The quick answer is no, don’t read too much into optimums. Here’s more if you want:

Have you looked at posterior intervals for rho, alpha, and sigma? I’d only be alarmed by the variation if the uncertainty in those variables was really really small (and consistently did not include the parameters you used to generate the data with). Also, an Rhat like 1.029 is suspicious. You want these to be really close to 1.0 (1.01 is proposed as a rule-of-thumb in the new Rhat stuff:

Is G the number of data points (N)? Or to be clearer, is the number of points in the Gaussian process scaling with the number of observations?

If so the Cholesky decomposition is going to be a problem. That is expensive (assuming the matrix is GxG, it scales like G^3).

The as N -> infinity sorta stuff usually assumes fixed numbers of parameters. If the number of parameters scales with the data, then you probably don’t have any guarantees.

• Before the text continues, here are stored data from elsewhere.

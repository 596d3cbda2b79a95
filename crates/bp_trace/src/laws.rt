//! Laws of the format, which hold for all rows and numbers. Each function does nothing: its contract is the law.
ghost use Rattle.std.specs.Prelude.{◌≡◌, ◌≤◌, ◌^◌, ◌++◌, List, Some, Ok, map};
ghost use Rattle.std.specs.Fmt.{decimal};
ghost use Rattle.bp_trace.specs.InRange.{IsScript};
ghost use Rattle.bp_trace.specs.Numbers.{number_in};
ghost use Rattle.bp_trace.specs.Script.{script_from};
ghost use Rattle.bp_trail.specs.declared.entries.Entry.{Entry};
ghost use Rattle.bp_trace.specs.Pieces.{Taken, none_taken, text_of_pieces, joined, MayTake, TakesNoMore};
ghost use Rattle.bp_trace.specs.Report.{report_text};
ghost use Rattle.bp_trace.specs.Written.{written_row};
ghost use Rattle.std.specs.Prelude.{◌<◌};
ghost use Rattle.bp_trace.specs.NumberLists.{IsRange, doubled, most_listed};

use bp_page::Geometry;
use bp_scripts::Row;

/// Each number up to 2^62 reads back as itself from its decimal text.
pub fn printed_number_reads_back(number: u64)
    requires { number ≤ 2 ^ 62 }
    ensures { number_in (decimal number) ≡ Some number }
{}

/// Each list of rows that a trace can hold reads back as itself from the records that are written for it.
pub fn written_rows_read_back(geometry: &Geometry, rows: &[Row])
    requires { IsScript geometry.now rows.now }
    ensures { script_from geometry.now 1 (map written_row rows.now) ≡ Ok rows.now }
{}

/// The lines of the pieces of a trail, one piece after the other, and then the totals of all pieces, are the report of
/// the joined trail.
pub fn pieces_report_as_the_whole()
    ensures { (pieces : List (List Entry)) → text_of_pieces none_taken pieces ≡ report_text
        (joined pieces) }
{}

/// What may come after a piece may still come after a fault in that piece.
pub fn next_piece_may_come_after_a_fault()
    ensures { (old new : Taken) (piece next : List Entry) → TakesNoMore old piece new
        → MayTake old (piece ++ next) → MayTake new next }
{}

/// A range starts with its first end and stops at its last. Each number but the first is the double of the one before,
/// or the last end where the double is above it.
pub fn ranges_have_their_ends(first: usize, last: usize)
    requires some { 1 ≤ first }
    requires order { first ≤ last }
    requires few { last < 2 ^ 63 }
    ensures { IsRange first last (doubled most_listed first last) }
{}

This sounds a lot like something you wanna write out as some sort of regression model, especially considering you have a ton of data. Linear models n’ such are the things that are gonna scale. Have you seen this book: ? It’s a lot of creative regression stuff. The models are available as Stan models too: .

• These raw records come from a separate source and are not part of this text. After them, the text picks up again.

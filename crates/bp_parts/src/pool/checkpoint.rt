//! Questions of a checkpoint. Each part answers of its own trail, as its session saw it then; the parts are asked one
//! after the other.
ghost use Rattle.std.specs.Prelude.{◌≡◌};
ghost use Rattle.bp_parts.specs.Redo.{earlier};

use super::{PartCount, PartedPool};
use crate::sessions::PartedSession;
use bp_core::{NotFlushed, Stats};
use bp_keeper::ListKeeper;
use bp_page::{Lsn, PageNo};
use bp_ports::{Store, StripedPort};
use bp_shared::PartNames;
use std::sync::Wait;

/// Returns the lesser of two LSNs, where there are both.
fn earlier_of(one: Option<Lsn>, other: Option<Lsn>) -> Option<Lsn>
    ensures { result ≡ earlier one other }
{
    match (one, other) {
        (Some(one), Some(other)) => Some(one.min(other)),
        (None, other) => other,
        (one, None) => one,
    }
}

impl<N: PartNames + PartCount, K: ListKeeper> PartedPool<N, K> {
    ghost use Rattle.std.specs.Prelude.{◌≡◌, ◌<◌, ◌+◌, ◌^◌, IfSome};
    ghost use Rattle.bp_core.specs.Counts.{AreCounts};
    ghost use Rattle.bp_core.specs.Unsaved.{FindsUnsaved};
    ghost use Rattle.bp_ports.specs.Stripes.{ReadsStriped, WritesStriped, turned};
    ghost use Rattle.bp_shared.specs.Sessions.{DoesWorkSaid};
    ghost use Rattle.bp_shared.specs.Telling.{Sees};
    ghost use Rattle.bp_shared.specs.Writing.{WithLsnSeen};
    ghost use Rattle.bp_parts.specs.Parts.{InEachPart, InPart};
    ghost use Rattle.bp_shared.specs.Calls.{FlushesAllIn};
    ghost use Rattle.bp_parts.specs.Redo.{IsRedoFromAll};
    ghost use Rattle.bp_parts.specs.Flushes.{FlushesAllParts};

    /// Returns the least LSN of the unsaved writes of all parts, each as it is when it is asked, one after the other:
    /// `None` where each had none then. Redo of the whole file begins at the lesser of it and the log's end, which is
    /// noted before the call. Ask before the sync, as `SharedPool::redo_from` says.
    pub fn redo_from<R: Wait>(&self, rt: &R, session: &mut PartedSession<N, K>) -> Option<Lsn>
        ensures client { session.new.client ≡ session.old.client }
        ensures sees { InEachPart session.old session.new (Sees N.parameters N.past) }
        ensures least { IsRedoFromAll N.parts session.new.sessions result }
    {
        let mut least = None;
        for part in 0..self.parts.len() {
            let mine = &mut session.sessions[part];
            let from = self.pool_of(mine).redo_from(rt, mine);
            least = earlier_of(least, from);
        }
        least
    }

    /// Returns the first unsaved page of a part from this number in the part on, as `SharedPool::next_unsaved` does.
    pub fn next_unsaved<R: Wait>(
        &self,
        rt: &R,
        session: &mut PartedSession<N, K>,
        part: u8,
        from: u64,
    ) -> Option<PageNo>
        requires part { part < N.parts }
        ensures client { session.new.client ≡ session.old.client }
        ensures outcome { InPart part session.old session.new (λ old new.
            Sees N.parameters N.past old new
            × FindsUnsaved N.parameters.pages from new.seen result) }
        ensures few { IfSome result (λ page. page + 1 < 2 ^ 64) }
    {
        let mine = &mut session.sessions[part as usize];
        self.pool_of(mine).next_unsaved(rt, mine, from)
    }

    /// Returns the counts of one part's replies and pages, as `SharedPool::stats` does.
    pub fn stats<R: Wait>(&self, rt: &R, session: &mut PartedSession<N, K>, part: u8) -> Stats
        requires part { part < N.parts }
        ensures client { session.new.client ≡ session.old.client }
        ensures outcome { InPart part session.old session.new (λ old new.
            Sees N.parameters N.past old new × AreCounts new.seen result) }
    {
        let mine = &mut session.sessions[part as usize];
        self.pool_of(mine).stats(rt, mine)
    }

    /// Writes each unsaved page of one part out, as `SharedPool::flush_all` does, through the port, which it turns to
    /// that part's stripe.
    pub fn flush_part<S: Store, R: Wait>(
        &self,
        rt: &R,
        session: &mut PartedSession<N, K>,
        port: &mut StripedPort<S>,
        part: u8,
    ) -> Result<(), NotFlushed>
        requires part { part < N.parts }
        requires stripes { port.old.parts ≡ N.parts }
        ensures client { session.new.client ≡ session.old.client }
        ensures device { port.new.file.device ≡ port.old.file.device }
        ensures stripes { port.new.parts ≡ port.old.parts }
        ensures outcome { InPart part session.old session.new (λ old new.
            FlushesAllIn K.REFUSES N.parameters N.past result old new
            × DoesWorkSaid (ReadsStriped S.reads) (WithLsnSeen old new (WritesStriped S.writes))
            old.said new.said (turned part port.old) port.new) }
    {
        port.turn_to(u64::from(part));
        let mine = &mut session.sessions[part as usize];
        self.pool_of(mine).flush_all(rt, mine, port)
    }

    /// Writes each unsaved page of the file out, part after part, as `flush_part` does. It ends at the first page whose
    /// flush is refused, and names its part and its number there; those before it were flushed.
    pub fn flush_all<S: Store, R: Wait>(
        &self,
        rt: &R,
        session: &mut PartedSession<N, K>,
        port: &mut StripedPort<S>,
    ) -> Result<(), (u8, NotFlushed)>
        requires stripes { port.old.parts ≡ N.parts }
        ensures client { session.new.client ≡ session.old.client }
        ensures device { port.new.file.device ≡ port.old.file.device }
        ensures stripes { port.new.parts ≡ port.old.parts }
        ensures outcome { FlushesAllParts (record {
          refuses = K.REFUSES;
          parameters = N.parameters;
          start = N.past;
          reads = S.reads;
          writes = S.writes;
        }) N.parts result
            session.old port.old session.new port.new }
    {
        for part in 0..self.count() {
            if let Err(stop) = self.flush_part(rt, session, port, part) {
                return Err((part, stop));
            }
        }
        Ok(())
    }
}
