//! Traces and reports: parses the bytes of a trace to the rows of a script, and prints the entries of a trail as the
//! lines of a report.
#![tactic(auto)]

pub mod decimal;
mod explaining;
mod faults;
mod fields;
mod input;
pub mod laws;
mod lines;
mod number_lists;
mod printing;
mod reasons;
mod record;
mod report_keeper;
mod script;
mod total_lines;

pub use explaining::explain_fault;
pub use faults::{InputFault, TraceFault};
pub use number_lists::{MAX_LISTED, numbers_listed};
pub use printing::{ReportRun, report, report_rows, report_totals};
pub use report_keeper::ReportKeeper;
pub use script::{read_script, read_script_into};
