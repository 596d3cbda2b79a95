//! `Fields`, the six fields of a record as text, and the calls that parse one field.
ghost use Rattle.std.specs.Prelude.{◌≡◌, option_map};
ghost use Rattle.csv.specs.Records.{fields_of};
ghost use Rattle.bp_trace.specs.Fields.{Gives, bytes_wanted, client_in, number_wanted, page_in, six_of, texts_of};

use crate::decimal::parse_number;
use crate::faults::InputFault;
use bp_page::{Bytes, Geometry, PageNo};
use csv::ByteRecord;
use hex::FromHexError;
use std::alloc::Global;

const MAX_CLIENT: u64 = 63;

/// The six fields of a record, not yet checked. Each comment says what a valid field holds where it is not empty.
#[derive(Clone, Copy)]
pub struct Fields<'a> {
    /// The client's number, 0 to 63 in decimal.
    pub client: &'a [u8],
    /// The word of the operation, in lower case.
    pub op: &'a [u8],
    /// The page's number, the number of ticks or the LSN of the log, in decimal.
    pub number: &'a [u8],
    /// The offset of a write in its page, in bytes, in decimal.
    pub offset: &'a [u8],
    /// The bytes of a write, as pairs of hex digits.
    pub bytes: &'a [u8],
    pub lsn: &'a [u8],
}

/// Returns the six fields of a record, or None where it does not have exactly six.
pub fn six_fields(raw: &ByteRecord) -> Option<Fields<'_>>
    ensures { option_map texts_of result ≡ six_of (fields_of raw.now) }
{
    if raw.get(6).is_some() {
        return None;
    }
    Some(Fields {
        client: raw.get(0)?,
        op: raw.get(1)?,
        number: raw.get(2)?,
        offset: raw.get(3)?,
        bytes: raw.get(4)?,
        lsn: raw.get(5)?,
    })
}

/// Parses the number of a client. Anything else is `BadClient`.
pub fn parse_client(text: &[u8]) -> Result<u8, InputFault>
    ensures { result ≡ client_in text.now }
{
    match parse_number(text) {
        Some(client) if client <= MAX_CLIENT => Ok(client as u8),
        _ => Err(InputFault::BadClient),
    }
}

/// Parses a number that the operation needs. Anything else is `BadNumber`.
pub fn wanted_number(text: &[u8]) -> Result<u64, InputFault>
    ensures { result ≡ number_wanted text.now }
{
    parse_number(text).ok_or(InputFault::BadNumber)
}

/// Parses the number of a page that the operation needs. It is `BadNumber` where it is no number, and `OutOfPage` where
/// the file has no such page.
#[tactic(auto, unfolding(crate::specs::Fields::page_in))]
pub fn wanted_page(geometry: &Geometry, text: &[u8]) -> Result<PageNo, InputFault>
    ensures { result ≡ page_in geometry.now text.now }
{
    let number = wanted_number(text)?;
    geometry.page(number).ok_or(InputFault::OutOfPage)
}

/// Parses bytes as pairs of hex digits of either case. Anything else is `BadHex`; it is `OutOfMemory` where memory is
/// refused.
pub fn wanted_bytes(alloc: Global, text: &[u8]) -> Result<Bytes, InputFault>
    ensures { Gives result (bytes_wanted text.now) }
{
    let decoded = match hex::decode(alloc, text) {
        Ok(decoded) => decoded,
        Err(FromHexError::OutOfMemory) => return Err(InputFault::OutOfMemory),
        Err(_) => return Err(InputFault::BadHex),
    };
    Ok(Bytes::of(alloc, decoded.as_slice())?)
}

Thanks for the information, @bbbales2

In this overly simplied version, yes G=N. In the future, G << N (perhaps, with G/N being extremely close to but bigger than zero). G is the number of observed misreporting extent, which is sparse (eg, facts revealed from accounting scandal investigations). Eventually, I hope to rewrite the Stan model for the G << N case with (N - G) additional latent variables to be estimated as well.

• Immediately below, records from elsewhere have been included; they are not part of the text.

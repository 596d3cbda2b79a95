//! `explain_fault`, which says in words what is wrong with a trace, and where.
use crate::faults::{InputFault, TraceFault};
use crate::reasons::check_record;
use bp_page::Geometry;
use csv::{ByteRecord, Position, ReaderBuilder};
use std::alloc::{AllocError, Global};

const BYTE_ORDER_MARK: [u8; 3] = [0xef, 0xbb, 0xbf];

/// Returns the text without a byte order mark at its head.
fn without_mark(text: &[u8]) -> &[u8] {
    text.strip_prefix(BYTE_ORDER_MARK.as_slice())
        .unwrap_or(text)
}

/// Reads the record with this number, from 1, into an empty one. Returns where its reader stood before it, or None
/// where there is no such record or no memory.
fn find_record(
    alloc: Global,
    text: &[u8],
    number: u64,
    record: &mut ByteRecord,
) -> Option<Position> {
    let mut records = ReaderBuilder::new()
        .has_headers(false)
        .flexible(true)
        .from_reader(alloc, text);
    for _ in 0..number {
        match records.read_byte_record(record) {
            Ok(true) => {}
            _ => return None,
        }
    }
    record.position()
}

/// Returns the line of the first byte from `start` on that ends no line, from 1.
fn line_from(text: &[u8], start: usize) -> u64 {
    let mut line = 1_u64;
    let mut last = 0;
    for (place, byte) in text.iter().enumerate() {
        if place >= start && *byte != b'\n' && *byte != b'\r' {
            return line;
        }
        if *byte == b'\r' || *byte == b'\n' && last != b'\r' {
            line = line.saturating_add(1);
        }
        last = *byte;
    }
    line
}

/// Says in words what is wrong with a row of a trace, and on which line.
fn explain_row(
    alloc: Global,
    source: &str,
    text: &[u8],
    geometry: &Geometry,
    fault: TraceFault,
) -> Result<String, AllocError> {
    let text = without_mark(text);
    let mut record = ByteRecord::new(alloc);
    let Some(position) = find_record(alloc, text, fault.row, &mut record) else {
        return format!(in alloc; "{source}, row {}", fault.row);
    };
    let line = line_from(text, position.byte() as usize);
    if fault.number == InputFault::TooLong.number() {
        return format!(in alloc; "{source}, line {line}: a trace has at most 262144 rows");
    }
    match check_record(alloc, geometry, fault.row, &record) {
        Ok(()) => format!(in alloc; "{source}, line {line}"),
        Err(reason) => format!(in alloc; "{source}, line {line}: {reason}"),
    }
}

/// Says in words, as one text, what is wrong with a trace whose bytes are these, and where. `source` names the trace.
/// The fault is that of `read_script`.
pub fn explain_fault(
    alloc: Global,
    source: &str,
    text: &[u8],
    geometry: &Geometry,
    fault: TraceFault,
) -> Result<String, AllocError> {
    if fault.row > 0 {
        return explain_row(alloc, source, text, geometry, fault);
    }
    if fault.number == InputFault::TooLong.number() {
        return format!(in alloc; "{source}: a trace has at most 67108864 bytes");
    }
    if fault.number == InputFault::OutOfMemory.number() {
        return format!(in alloc; "out of memory");
    }
    format!(in alloc; "{source}: it could not be read")
}
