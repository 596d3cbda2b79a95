//! The first unsaved page of the whole file, and the counts of all parts. The parts are asked one after the other, and
//! each answers of its own trail, as its session saw it then.
ghost use Rattle.std.specs.Prelude.{◌≡◌, ◌<◌, ◌≤◌, ◌+◌, ◌*◌, ℕ, IfSome};
ghost use Rattle.bp_parts.specs.Finding.{in_file};
ghost use Rattle.bp_parts.specs.Redo.{earlier};
ghost use Rattle.bp_parts.specs.Sums.{both_stats, both_totals, no_stats};

use super::{PartCount, PartedPool};
use crate::sessions::PartedSession;
use bp_core::Stats;
use bp_keeper::ListKeeper;
use bp_page::PageNo;
use bp_shared::PartNames;
use bp_trail::Totals;
use std::sync::Wait;

/// Returns the first page of a part, of so many, that stands in the file at this number or after it.
fn first_from(from: u64, parts: u64, part: u64) -> u64
    requires { part < parts }
    ensures enough { from ≤ result * parts + part }
    ensures least { (page : ℕ) → from ≤ page * parts + part → result ≤ page }
{
    let row = from / parts;
    if part < from % parts { row + 1 } else { row }
}

/// Returns the page of the file that a page of a part, of so many, is.
fn place_in_file(page: Option<PageNo>, parts: u64, part: u64) -> Option<PageNo>
    requires part { part < parts }
    requires few_parts { parts ≤ 64 }
    requires few { IfSome page (λ page. page < 1048576) }
    ensures { result ≡ in_file parts part page }
{
    match page {
        Some(page) => Some(PageNo::new(page.number() * parts + part)),
        None => None,
    }
}

/// Returns the lesser of two pages, where there are both.
fn nearer_of(one: Option<PageNo>, other: Option<PageNo>) -> Option<PageNo>
    ensures { result ≡ earlier one other }
{
    match (one, other) {
        (Some(one), Some(other)) => Some(one.min(other)),
        (None, other) => other,
        (one, None) => one,
    }
}

/// Returns the sums of the replies, each 2^64 − 1 at most.
fn both_totals_of(one: &Totals, other: &Totals) -> Totals
    ensures { result ≡ both_totals one.now other.now }
{
    Totals {
        hits: one.hits.saturating_add(other.hits),
        faults: one.faults.saturating_add(other.faults),
        evictions: one.evictions.saturating_add(other.evictions),
        writes: one.writes.saturating_add(other.writes),
        failed: one.failed.saturating_add(other.failed),
        refused: one.refused.saturating_add(other.refused),
        discards: one.discards.saturating_add(other.discards),
    }
}

/// Returns the sums of the counts, each 2^64 − 1 at most.
fn both_of(one: &Stats, other: &Stats) -> Stats
    ensures { result ≡ both_stats one.now other.now }
{
    Stats {
        totals: both_totals_of(&one.totals, &other.totals),
        resident: one.resident.saturating_add(other.resident),
        pinned: one.pinned.saturating_add(other.pinned),
        unsaved: one.unsaved.saturating_add(other.unsaved),
        loading: one.loading.saturating_add(other.loading),
        writing: one.writing.saturating_add(other.writing),
    }
}

/// Counts nothing.
fn none() -> Stats
    ensures { result ≡ no_stats }
{
    Stats {
        totals: Totals::none(),
        resident: 0,
        pinned: 0,
        unsaved: 0,
        loading: 0,
        writing: 0,
    }
}

impl<N: PartNames + PartCount, K: ListKeeper> PartedPool<N, K> {
    ghost use Rattle.std.specs.Prelude.{◌≡◌, ◌<◌, ◌≤◌, ◌*◌, IfSome};
    ghost use Rattle.bp_shared.specs.Telling.{Sees};
    ghost use Rattle.bp_parts.specs.Finding.{FindsInFile};
    ghost use Rattle.bp_parts.specs.Parts.{InEachPart};
    ghost use Rattle.bp_parts.specs.Sums.{SumsUp};

    /// Returns the first unsaved page of the whole file from this number on, each part as it is when it is asked, one
    /// after the other: `None` where no part had one then. A part has 1,048,576 pages at most.
    pub fn next_unsaved_of_all<R: Wait>(
        &self,
        rt: &R,
        session: &mut PartedSession<N, K>,
        from: u64,
    ) -> Option<PageNo>
        requires few { N.parameters.pages ≤ 1048576 }
        ensures client { session.new.client ≡ session.old.client }
        ensures sees { InEachPart session.old session.new (Sees N.parameters N.past) }
        ensures found { FindsInFile N.parts N.parts N.parameters.pages from session.new.sessions
            result }
        ensures page_in { IfSome result (λ page. page < N.parts * N.parameters.pages) }
    {
        let parts = self.parts.len() as u64;
        let mut least = None;
        for part in 0..self.parts.len() {
            let mine = &mut session.sessions[part];
            let first = first_from(from, parts, part as u64);
            let found = self.pool_of(mine).next_unsaved(rt, mine, first);
            least = nearer_of(least, place_in_file(found, parts, part as u64));
        }
        least
    }

    /// Returns the counts of all parts, added up, each part as it is when it is asked. A sum above 2^64 − 1 is told as
    /// that.
    pub fn stats_of_all<R: Wait>(&self, rt: &R, session: &mut PartedSession<N, K>) -> Stats
        ensures client { session.new.client ≡ session.old.client }
        ensures sees { InEachPart session.old session.new (Sees N.parameters N.past) }
        ensures sums { SumsUp session.new.sessions N.parts result }
    {
        let mut sum = none();
        for part in 0..self.parts.len() {
            let mine = &mut session.sessions[part];
            let own = self.pool_of(mine).stats(rt, mine);
            sum = both_of(&sum, &own);
        }
        sum
    }
}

Does this sound sensible to you? If so, would G << N (but with N - G latent variables) hurt or help scalability?

So if I understand correctly, I need something like “the number of parameters” grows much more slowly than N so that ( “the number of parameters” / N) would go to zero as N goes to infinity.

If so, in the case of G<<N with (N-G) additional latent variables, would the additional latent variables be also like many new parameters preventing the estimate stability even when N becomes huge?

A related question is that could the posterior predictive distribution be reasonably useful (ie, with stable estimates of the GP parameters) even though the estimates of the latent variables (ie, the misreporting that was never revealed) are not stable? (Estimates of the latent variables are not required to forecast the future misreporting extent well; only estimates of the GP parameters matter, right?)

Thanks for suggesting the ARM models. Will surely look at that direction as well.

I guess I was referencing this, which is the extent of my mathematical knowledge on the issue: .

The more practical answer is, hierarchical models mostly end up with as many parameters as data points (or something like that). The hierarchical part of the hierarchical model is what keeps the estimates of all those parameters stable (or from doing crazy stuff).

I’ve never dealt with something this size, but my prior is that hundreds of parameters is hard, and I’m not sure I’ve really ever gone into thousands (though people do). If you’re dealing with data like this, see where you can get with simple regressions. Maybe in the end stack on a GP if there’s a place you think it’d be useful. The GP would be hard to scale.